## Exercise prompt
Report every line of the records that contains the word "entry".

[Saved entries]
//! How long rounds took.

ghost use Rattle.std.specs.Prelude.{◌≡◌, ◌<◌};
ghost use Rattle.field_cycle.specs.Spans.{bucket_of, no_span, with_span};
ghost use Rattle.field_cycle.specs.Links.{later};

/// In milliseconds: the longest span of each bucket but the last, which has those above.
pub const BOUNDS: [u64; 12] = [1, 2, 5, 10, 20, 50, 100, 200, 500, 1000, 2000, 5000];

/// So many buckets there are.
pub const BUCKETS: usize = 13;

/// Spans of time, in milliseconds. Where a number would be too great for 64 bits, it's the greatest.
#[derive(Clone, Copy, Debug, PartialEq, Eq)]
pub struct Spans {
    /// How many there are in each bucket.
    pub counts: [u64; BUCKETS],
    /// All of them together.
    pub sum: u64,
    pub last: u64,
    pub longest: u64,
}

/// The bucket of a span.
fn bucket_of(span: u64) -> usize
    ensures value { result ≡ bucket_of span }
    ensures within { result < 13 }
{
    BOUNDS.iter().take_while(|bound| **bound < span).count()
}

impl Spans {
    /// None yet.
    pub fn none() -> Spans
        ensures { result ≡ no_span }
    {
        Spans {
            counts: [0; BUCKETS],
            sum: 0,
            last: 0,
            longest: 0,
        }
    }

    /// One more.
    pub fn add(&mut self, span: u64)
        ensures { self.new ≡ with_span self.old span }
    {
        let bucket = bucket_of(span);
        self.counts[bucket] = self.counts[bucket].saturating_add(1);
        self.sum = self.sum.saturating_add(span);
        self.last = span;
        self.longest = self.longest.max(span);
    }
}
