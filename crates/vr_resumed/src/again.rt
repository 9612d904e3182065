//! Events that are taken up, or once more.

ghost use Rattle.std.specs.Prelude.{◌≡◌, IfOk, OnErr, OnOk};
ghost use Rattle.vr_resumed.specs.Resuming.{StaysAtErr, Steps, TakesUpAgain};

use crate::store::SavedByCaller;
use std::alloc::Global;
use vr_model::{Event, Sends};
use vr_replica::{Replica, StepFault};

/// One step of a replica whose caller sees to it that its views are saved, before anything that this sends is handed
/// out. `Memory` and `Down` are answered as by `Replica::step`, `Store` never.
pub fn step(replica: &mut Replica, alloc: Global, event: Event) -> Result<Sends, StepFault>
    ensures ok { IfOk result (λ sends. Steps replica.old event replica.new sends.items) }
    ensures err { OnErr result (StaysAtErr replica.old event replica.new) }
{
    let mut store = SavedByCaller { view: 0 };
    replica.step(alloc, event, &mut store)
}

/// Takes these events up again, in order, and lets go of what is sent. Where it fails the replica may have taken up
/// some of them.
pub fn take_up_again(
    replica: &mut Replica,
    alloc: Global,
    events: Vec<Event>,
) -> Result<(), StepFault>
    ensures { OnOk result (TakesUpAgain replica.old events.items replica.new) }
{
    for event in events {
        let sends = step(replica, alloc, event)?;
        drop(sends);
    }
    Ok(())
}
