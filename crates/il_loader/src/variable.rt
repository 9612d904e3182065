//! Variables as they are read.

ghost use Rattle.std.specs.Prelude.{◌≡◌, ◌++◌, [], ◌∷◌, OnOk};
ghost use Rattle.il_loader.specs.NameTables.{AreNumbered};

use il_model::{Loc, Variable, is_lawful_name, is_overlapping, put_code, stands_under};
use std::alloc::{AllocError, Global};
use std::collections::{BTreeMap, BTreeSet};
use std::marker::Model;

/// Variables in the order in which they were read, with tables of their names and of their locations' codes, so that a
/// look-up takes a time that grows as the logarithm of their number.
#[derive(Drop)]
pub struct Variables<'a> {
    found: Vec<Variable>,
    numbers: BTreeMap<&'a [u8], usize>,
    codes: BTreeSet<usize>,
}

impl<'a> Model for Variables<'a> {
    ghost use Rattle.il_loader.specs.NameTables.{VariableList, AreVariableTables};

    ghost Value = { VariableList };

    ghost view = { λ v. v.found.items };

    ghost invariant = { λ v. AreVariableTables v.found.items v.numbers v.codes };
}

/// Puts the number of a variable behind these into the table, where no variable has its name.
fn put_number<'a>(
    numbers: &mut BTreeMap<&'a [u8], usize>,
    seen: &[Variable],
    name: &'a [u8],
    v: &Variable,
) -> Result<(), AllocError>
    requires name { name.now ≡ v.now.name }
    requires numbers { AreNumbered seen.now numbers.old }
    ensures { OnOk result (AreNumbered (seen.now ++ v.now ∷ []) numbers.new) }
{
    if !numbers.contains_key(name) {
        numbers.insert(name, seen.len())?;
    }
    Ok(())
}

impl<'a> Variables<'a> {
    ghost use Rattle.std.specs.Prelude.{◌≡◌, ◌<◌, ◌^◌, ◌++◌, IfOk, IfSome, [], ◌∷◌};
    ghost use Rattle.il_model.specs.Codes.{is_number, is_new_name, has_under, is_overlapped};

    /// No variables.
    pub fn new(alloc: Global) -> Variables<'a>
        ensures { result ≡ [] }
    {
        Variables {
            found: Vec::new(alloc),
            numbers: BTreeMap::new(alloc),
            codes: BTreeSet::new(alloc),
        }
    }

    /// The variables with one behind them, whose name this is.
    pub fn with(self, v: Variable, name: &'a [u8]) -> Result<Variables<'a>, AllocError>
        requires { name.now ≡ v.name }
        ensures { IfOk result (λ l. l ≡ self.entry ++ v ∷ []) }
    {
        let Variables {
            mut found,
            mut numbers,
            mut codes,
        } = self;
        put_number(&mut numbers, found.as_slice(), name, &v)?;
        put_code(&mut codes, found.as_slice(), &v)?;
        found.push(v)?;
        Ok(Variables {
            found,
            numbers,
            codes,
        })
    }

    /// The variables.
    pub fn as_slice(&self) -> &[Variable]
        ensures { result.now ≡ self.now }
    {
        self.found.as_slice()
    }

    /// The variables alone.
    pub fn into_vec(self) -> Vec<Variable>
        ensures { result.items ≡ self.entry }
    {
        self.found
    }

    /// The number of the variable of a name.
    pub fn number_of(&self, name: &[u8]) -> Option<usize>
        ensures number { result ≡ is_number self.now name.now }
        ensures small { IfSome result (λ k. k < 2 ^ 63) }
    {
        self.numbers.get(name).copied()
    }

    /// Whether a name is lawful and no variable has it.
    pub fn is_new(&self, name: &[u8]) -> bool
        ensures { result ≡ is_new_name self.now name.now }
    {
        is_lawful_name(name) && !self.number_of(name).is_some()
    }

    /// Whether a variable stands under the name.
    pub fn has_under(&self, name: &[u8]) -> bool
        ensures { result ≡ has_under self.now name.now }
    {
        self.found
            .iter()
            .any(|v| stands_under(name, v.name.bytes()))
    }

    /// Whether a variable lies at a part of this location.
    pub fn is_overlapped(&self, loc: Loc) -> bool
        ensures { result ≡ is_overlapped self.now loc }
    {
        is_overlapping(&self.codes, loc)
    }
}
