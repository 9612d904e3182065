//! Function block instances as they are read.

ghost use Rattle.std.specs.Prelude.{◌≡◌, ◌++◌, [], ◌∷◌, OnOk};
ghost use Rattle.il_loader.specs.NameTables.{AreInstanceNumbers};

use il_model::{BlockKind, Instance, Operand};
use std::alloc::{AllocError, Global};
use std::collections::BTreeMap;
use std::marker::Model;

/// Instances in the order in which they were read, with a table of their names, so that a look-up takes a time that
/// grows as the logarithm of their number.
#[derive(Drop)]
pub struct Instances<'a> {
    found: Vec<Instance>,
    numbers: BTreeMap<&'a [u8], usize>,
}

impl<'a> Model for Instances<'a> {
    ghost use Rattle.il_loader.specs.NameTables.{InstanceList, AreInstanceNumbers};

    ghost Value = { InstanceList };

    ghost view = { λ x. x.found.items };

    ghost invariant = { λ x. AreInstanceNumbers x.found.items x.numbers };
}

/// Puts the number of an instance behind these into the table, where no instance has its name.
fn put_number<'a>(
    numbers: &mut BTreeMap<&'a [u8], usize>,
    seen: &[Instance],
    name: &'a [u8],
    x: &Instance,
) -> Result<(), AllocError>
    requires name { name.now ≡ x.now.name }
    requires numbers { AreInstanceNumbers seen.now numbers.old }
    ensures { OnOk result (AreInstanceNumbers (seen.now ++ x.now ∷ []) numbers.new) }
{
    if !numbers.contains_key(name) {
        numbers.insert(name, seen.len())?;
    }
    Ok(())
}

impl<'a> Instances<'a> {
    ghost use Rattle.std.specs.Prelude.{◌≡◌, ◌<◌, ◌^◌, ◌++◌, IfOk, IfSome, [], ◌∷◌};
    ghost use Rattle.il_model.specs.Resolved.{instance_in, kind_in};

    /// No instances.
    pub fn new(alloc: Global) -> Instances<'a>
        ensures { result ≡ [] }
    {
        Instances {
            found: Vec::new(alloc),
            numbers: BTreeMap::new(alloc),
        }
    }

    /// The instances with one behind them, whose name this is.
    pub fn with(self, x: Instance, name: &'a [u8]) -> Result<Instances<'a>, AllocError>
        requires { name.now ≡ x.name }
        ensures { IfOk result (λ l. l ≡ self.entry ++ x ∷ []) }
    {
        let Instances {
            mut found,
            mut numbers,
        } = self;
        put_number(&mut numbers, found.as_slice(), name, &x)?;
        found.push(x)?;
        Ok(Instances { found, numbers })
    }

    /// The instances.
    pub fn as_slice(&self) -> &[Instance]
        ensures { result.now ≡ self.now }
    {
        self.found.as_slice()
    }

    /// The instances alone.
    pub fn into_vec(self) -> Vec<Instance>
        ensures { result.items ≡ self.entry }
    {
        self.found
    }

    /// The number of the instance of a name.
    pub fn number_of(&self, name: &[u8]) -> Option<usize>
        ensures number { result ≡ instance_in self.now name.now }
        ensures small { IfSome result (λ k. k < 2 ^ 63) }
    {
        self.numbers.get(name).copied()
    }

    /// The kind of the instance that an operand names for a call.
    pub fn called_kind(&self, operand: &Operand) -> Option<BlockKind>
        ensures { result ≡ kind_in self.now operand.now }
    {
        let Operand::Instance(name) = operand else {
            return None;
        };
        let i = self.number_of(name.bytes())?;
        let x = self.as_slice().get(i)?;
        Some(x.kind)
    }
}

## Output below
        ensures { IfOk result (λ l. l ≡ self.entry ++ v ∷ []) }
        ensures { result.items ≡ self.entry }
        ensures { IfOk result (λ l. l ≡ self.entry ++ x ∷ []) }
        ensures { result.items ≡ self.entry }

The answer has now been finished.